# Your objective
In the listing below, find each line containing "above" and report it.

# Data shown
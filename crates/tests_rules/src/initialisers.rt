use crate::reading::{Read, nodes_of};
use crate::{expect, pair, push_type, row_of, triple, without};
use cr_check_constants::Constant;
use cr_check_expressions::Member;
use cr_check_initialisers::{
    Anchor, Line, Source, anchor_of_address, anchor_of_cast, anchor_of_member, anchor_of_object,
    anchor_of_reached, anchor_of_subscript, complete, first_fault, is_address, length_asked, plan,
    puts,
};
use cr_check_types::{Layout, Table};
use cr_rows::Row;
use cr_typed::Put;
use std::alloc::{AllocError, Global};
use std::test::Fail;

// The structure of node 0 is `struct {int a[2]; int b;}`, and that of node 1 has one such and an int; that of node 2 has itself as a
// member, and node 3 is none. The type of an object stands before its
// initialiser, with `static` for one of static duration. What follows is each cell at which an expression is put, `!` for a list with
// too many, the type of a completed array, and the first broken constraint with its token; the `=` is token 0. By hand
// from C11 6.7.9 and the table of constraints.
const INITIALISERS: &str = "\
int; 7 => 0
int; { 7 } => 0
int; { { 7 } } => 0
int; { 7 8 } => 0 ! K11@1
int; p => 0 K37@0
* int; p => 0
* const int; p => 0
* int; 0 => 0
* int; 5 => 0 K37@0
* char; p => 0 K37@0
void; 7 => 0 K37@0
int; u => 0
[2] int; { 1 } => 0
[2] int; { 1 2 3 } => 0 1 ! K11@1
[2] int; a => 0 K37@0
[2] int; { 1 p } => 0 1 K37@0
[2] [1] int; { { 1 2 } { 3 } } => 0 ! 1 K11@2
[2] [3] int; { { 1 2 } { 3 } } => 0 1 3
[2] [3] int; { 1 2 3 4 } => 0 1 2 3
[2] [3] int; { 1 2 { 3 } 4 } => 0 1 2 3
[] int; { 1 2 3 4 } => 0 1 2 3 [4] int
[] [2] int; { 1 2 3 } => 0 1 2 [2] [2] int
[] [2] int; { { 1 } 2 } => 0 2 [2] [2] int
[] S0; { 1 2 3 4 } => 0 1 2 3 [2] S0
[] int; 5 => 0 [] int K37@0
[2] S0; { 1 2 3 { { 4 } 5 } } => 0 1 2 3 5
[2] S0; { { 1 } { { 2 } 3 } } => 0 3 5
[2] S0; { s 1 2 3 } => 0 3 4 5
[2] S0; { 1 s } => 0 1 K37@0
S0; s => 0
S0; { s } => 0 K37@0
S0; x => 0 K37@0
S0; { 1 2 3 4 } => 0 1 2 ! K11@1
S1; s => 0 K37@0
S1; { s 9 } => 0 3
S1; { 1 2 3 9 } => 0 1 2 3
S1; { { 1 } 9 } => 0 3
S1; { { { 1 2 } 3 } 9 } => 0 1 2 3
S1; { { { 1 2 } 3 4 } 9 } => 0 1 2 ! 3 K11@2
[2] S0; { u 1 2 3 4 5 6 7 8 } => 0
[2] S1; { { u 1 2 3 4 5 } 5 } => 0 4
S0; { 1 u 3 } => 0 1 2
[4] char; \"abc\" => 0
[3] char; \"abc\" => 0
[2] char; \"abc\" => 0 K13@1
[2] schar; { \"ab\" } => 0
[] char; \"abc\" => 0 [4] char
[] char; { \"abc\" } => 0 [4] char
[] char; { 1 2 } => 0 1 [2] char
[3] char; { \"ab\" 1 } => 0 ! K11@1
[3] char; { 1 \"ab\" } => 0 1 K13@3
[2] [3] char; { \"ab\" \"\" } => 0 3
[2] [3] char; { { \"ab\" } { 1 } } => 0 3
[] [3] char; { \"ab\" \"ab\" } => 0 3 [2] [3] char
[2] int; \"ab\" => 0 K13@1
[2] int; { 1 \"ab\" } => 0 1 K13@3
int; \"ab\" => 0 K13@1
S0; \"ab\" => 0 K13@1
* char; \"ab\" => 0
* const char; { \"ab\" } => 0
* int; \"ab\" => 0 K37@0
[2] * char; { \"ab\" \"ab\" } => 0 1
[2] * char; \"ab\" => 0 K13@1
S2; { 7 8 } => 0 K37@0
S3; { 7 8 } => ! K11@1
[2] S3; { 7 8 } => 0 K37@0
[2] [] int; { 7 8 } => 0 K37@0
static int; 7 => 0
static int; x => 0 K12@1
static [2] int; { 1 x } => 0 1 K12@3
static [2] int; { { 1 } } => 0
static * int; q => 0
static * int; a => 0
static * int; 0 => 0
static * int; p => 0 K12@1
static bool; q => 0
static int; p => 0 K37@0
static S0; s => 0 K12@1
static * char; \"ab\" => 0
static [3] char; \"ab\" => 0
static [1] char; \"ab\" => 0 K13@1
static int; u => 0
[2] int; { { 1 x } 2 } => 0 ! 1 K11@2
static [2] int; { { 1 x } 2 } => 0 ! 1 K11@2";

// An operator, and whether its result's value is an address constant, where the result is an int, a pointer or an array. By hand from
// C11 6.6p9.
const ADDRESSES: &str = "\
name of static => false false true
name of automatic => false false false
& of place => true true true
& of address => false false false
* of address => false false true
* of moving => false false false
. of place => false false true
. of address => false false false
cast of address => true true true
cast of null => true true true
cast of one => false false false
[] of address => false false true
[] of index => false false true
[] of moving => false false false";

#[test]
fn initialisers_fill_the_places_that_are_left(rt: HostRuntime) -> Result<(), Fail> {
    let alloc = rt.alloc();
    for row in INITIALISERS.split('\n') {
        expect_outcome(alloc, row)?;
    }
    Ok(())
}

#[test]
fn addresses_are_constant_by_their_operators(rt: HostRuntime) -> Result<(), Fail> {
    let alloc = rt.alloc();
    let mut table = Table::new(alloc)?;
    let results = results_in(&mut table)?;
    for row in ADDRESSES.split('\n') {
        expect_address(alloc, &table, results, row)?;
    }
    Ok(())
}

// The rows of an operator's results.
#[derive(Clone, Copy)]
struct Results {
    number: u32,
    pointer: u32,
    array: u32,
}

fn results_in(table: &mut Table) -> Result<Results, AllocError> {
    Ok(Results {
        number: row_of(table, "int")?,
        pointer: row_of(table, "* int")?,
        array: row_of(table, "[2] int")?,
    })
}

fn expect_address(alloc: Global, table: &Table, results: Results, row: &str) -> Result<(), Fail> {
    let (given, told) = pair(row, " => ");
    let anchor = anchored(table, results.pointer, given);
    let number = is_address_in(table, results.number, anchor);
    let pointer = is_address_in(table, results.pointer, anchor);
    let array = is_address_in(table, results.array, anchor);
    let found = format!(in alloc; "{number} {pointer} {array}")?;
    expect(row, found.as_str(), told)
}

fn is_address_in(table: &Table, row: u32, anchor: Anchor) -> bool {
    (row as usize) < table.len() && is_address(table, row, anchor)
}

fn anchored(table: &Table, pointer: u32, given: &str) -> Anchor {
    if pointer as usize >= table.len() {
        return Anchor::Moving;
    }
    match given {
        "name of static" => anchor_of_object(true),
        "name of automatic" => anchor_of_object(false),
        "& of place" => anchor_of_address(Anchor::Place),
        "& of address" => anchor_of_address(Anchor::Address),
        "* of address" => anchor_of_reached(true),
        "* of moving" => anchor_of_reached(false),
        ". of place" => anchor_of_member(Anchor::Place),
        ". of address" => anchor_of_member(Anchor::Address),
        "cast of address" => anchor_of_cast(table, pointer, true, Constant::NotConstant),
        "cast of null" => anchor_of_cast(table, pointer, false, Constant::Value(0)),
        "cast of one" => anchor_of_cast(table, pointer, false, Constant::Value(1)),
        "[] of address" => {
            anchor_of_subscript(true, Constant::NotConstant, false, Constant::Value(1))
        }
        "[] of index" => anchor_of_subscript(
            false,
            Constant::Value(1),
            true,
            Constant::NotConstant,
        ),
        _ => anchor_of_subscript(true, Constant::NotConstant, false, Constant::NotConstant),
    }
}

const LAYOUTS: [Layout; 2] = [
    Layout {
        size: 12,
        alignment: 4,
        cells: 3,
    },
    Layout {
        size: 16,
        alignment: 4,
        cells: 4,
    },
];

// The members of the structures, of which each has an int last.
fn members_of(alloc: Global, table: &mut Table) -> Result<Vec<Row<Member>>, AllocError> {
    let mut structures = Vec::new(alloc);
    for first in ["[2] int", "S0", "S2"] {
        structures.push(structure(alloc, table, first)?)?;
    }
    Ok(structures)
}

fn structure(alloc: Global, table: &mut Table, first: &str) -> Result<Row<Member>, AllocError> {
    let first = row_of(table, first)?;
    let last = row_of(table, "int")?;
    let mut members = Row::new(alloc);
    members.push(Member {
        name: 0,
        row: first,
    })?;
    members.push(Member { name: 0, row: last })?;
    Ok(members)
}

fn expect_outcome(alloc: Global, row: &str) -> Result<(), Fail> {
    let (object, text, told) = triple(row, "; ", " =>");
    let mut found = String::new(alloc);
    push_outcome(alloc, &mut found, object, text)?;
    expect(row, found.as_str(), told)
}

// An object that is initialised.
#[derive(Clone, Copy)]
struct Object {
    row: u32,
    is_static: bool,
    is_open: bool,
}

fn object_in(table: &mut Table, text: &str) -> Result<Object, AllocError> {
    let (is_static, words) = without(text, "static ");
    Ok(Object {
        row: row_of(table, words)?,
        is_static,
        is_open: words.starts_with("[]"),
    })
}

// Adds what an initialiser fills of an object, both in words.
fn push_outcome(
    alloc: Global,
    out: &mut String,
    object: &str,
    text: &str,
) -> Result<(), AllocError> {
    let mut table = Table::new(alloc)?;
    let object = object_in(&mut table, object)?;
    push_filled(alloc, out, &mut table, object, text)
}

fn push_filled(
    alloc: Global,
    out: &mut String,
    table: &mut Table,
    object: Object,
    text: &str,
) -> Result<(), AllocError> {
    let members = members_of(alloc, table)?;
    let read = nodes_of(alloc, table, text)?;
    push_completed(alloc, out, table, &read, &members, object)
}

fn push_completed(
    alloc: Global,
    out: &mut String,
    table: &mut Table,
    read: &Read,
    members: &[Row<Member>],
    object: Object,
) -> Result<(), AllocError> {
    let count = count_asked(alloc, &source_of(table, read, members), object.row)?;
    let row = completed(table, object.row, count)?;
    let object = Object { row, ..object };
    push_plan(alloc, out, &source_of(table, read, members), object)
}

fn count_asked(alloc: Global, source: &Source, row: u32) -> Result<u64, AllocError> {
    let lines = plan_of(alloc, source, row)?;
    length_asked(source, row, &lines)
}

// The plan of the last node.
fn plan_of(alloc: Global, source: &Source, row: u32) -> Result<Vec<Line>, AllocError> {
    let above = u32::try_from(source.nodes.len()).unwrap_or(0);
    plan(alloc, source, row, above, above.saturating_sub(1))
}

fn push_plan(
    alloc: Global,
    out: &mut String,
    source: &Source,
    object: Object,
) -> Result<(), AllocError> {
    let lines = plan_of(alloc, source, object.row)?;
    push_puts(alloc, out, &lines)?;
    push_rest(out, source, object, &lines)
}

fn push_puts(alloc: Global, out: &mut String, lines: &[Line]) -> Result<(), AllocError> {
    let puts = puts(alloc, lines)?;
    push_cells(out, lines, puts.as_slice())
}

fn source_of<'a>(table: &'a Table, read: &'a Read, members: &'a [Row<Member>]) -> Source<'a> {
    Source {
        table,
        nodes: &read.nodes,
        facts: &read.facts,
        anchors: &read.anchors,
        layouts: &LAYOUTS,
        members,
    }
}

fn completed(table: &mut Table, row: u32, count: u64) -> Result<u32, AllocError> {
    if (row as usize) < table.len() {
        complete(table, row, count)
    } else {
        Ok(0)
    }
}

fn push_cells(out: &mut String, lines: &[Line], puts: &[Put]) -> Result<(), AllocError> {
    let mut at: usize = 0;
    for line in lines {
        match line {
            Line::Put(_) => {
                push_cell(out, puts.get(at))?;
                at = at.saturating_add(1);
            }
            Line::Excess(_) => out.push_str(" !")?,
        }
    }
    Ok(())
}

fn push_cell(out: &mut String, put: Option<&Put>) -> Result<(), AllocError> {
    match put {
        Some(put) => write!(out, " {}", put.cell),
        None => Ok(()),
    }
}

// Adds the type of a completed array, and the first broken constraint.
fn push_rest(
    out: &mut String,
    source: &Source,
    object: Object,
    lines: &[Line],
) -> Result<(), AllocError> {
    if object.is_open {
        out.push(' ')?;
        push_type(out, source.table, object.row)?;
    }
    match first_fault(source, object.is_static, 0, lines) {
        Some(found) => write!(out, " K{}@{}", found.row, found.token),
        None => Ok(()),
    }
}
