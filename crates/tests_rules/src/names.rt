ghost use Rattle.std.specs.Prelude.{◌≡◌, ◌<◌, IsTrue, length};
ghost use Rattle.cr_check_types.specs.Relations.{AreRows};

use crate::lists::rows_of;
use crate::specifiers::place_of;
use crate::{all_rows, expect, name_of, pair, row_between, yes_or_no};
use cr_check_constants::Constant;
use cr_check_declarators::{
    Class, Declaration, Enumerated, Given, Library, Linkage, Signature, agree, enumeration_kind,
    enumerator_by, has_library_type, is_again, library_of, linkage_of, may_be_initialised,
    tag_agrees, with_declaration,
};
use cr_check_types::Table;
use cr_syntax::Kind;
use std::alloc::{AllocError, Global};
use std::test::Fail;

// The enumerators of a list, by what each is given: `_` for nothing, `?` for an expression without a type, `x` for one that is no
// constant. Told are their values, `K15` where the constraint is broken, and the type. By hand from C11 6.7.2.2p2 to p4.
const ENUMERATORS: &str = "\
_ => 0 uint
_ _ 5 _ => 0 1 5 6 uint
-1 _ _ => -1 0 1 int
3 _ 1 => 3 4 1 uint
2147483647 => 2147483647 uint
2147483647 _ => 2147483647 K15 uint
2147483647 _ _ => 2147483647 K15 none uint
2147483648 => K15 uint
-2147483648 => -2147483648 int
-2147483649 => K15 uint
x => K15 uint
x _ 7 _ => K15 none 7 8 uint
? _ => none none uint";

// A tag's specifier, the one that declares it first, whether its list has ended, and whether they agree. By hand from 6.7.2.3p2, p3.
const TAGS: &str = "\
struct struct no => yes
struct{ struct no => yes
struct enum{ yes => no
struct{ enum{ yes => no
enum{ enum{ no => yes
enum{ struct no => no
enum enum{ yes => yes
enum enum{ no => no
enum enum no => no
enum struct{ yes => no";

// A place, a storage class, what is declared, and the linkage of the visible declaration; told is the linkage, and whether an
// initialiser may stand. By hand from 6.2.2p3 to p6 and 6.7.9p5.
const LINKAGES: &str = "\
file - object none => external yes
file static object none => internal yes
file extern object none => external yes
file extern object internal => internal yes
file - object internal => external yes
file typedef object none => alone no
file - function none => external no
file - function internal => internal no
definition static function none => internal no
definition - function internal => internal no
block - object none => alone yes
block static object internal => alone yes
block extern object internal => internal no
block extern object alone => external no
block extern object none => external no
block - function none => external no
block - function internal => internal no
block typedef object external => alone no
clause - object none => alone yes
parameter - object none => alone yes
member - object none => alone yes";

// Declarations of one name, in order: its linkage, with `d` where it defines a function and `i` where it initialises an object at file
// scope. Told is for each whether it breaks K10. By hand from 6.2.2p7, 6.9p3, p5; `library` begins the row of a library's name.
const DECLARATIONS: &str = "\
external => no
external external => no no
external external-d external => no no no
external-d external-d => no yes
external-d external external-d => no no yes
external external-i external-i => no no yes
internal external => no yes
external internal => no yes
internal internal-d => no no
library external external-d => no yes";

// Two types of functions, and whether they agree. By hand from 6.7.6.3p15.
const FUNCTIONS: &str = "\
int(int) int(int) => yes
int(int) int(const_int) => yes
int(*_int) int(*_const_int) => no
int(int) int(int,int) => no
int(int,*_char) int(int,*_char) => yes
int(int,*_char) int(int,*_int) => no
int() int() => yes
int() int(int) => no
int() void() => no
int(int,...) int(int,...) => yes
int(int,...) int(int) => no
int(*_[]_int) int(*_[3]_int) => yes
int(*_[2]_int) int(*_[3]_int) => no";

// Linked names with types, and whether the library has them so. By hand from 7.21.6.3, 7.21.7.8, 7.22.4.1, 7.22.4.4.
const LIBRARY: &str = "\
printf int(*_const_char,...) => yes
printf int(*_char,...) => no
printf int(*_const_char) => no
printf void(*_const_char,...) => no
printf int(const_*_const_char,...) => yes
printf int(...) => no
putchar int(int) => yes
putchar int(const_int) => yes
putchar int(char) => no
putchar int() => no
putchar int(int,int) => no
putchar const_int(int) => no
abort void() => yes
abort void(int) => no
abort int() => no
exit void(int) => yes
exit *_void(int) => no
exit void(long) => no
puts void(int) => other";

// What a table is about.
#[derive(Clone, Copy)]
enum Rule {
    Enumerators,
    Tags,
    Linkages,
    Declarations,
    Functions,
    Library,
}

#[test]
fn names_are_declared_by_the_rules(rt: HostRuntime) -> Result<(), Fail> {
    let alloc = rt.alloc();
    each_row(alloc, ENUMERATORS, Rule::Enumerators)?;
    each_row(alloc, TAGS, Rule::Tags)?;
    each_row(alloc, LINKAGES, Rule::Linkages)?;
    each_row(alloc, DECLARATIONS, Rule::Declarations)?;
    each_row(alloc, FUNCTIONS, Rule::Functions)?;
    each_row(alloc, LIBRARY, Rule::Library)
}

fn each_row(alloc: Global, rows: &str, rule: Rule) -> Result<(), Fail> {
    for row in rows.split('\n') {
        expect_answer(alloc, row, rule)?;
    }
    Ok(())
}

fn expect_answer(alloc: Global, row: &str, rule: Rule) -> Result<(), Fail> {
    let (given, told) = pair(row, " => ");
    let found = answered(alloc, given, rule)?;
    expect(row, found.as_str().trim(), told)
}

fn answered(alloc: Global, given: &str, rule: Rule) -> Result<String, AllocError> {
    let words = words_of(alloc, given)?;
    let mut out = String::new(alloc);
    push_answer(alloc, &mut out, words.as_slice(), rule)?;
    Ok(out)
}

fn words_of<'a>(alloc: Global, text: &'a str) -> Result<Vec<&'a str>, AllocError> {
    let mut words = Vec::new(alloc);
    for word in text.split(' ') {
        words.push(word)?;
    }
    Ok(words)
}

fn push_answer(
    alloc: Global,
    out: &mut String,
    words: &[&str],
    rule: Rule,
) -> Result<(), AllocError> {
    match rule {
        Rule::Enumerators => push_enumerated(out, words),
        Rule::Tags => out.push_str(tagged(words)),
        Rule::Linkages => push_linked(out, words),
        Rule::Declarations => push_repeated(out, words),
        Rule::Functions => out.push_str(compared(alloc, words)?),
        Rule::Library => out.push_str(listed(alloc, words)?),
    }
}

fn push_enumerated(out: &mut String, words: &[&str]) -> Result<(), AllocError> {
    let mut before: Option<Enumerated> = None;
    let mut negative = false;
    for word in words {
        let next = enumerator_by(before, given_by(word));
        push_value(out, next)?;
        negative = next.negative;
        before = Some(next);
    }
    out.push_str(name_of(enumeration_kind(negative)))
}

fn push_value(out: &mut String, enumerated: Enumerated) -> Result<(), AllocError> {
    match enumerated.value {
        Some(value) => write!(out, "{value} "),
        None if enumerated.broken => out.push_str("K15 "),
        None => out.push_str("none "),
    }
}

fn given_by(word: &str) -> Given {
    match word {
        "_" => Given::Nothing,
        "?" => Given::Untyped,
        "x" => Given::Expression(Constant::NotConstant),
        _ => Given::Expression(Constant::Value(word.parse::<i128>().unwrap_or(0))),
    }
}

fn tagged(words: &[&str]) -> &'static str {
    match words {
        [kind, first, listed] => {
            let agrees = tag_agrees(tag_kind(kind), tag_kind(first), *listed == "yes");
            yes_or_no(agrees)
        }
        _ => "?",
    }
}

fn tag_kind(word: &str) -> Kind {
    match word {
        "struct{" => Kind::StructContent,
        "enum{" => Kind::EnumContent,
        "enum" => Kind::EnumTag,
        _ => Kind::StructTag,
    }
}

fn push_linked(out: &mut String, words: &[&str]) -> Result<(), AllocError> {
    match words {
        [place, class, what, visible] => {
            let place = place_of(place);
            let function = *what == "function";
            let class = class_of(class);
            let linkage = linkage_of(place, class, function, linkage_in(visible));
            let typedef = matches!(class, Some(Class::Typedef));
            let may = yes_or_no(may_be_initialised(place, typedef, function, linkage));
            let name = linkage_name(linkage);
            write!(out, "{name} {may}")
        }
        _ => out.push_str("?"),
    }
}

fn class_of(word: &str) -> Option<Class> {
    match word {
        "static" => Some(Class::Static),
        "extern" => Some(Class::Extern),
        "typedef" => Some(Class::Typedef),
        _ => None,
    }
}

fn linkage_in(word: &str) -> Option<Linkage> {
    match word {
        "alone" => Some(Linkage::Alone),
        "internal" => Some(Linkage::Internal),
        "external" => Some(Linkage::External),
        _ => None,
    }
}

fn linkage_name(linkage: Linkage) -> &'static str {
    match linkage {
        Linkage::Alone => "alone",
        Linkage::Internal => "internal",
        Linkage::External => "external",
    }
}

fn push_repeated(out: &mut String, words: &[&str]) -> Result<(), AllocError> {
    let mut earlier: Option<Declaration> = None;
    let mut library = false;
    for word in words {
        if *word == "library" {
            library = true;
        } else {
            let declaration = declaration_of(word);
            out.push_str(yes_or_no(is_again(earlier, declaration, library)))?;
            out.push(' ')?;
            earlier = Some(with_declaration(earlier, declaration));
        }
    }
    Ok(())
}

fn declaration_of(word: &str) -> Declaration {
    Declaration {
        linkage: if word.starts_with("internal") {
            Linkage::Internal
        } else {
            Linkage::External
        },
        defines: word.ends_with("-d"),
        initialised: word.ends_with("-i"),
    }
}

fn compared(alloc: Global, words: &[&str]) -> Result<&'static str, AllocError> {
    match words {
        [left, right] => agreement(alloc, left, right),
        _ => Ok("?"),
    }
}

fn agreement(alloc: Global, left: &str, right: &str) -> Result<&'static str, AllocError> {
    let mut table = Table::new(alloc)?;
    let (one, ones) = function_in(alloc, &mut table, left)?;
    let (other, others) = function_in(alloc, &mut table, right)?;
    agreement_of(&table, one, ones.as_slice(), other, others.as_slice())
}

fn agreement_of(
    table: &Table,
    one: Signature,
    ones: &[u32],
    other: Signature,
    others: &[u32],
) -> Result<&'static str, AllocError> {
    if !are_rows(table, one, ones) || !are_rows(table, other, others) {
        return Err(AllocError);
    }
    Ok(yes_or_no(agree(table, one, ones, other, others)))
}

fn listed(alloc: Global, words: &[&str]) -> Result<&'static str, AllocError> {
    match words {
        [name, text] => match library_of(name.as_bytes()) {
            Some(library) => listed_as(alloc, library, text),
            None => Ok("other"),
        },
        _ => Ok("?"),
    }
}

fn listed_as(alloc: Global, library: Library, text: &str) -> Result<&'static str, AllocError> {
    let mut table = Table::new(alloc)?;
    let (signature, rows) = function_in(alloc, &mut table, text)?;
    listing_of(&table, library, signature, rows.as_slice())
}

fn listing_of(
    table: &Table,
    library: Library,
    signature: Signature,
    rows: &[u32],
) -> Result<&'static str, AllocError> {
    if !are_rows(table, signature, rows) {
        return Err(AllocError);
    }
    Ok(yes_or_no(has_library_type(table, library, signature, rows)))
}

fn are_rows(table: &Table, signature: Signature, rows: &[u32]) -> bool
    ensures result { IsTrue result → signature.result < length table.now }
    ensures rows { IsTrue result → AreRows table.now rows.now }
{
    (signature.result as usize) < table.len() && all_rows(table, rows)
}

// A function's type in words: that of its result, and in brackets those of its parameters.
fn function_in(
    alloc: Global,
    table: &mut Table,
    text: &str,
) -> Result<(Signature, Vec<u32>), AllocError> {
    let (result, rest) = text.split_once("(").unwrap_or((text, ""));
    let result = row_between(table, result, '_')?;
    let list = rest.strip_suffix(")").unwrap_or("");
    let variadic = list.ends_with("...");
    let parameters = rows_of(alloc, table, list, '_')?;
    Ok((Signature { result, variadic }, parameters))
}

# Result below
    let above = u32::try_from(source.nodes.len()).unwrap_or(0);
    plan(alloc, source, row, above, above.saturating_sub(1))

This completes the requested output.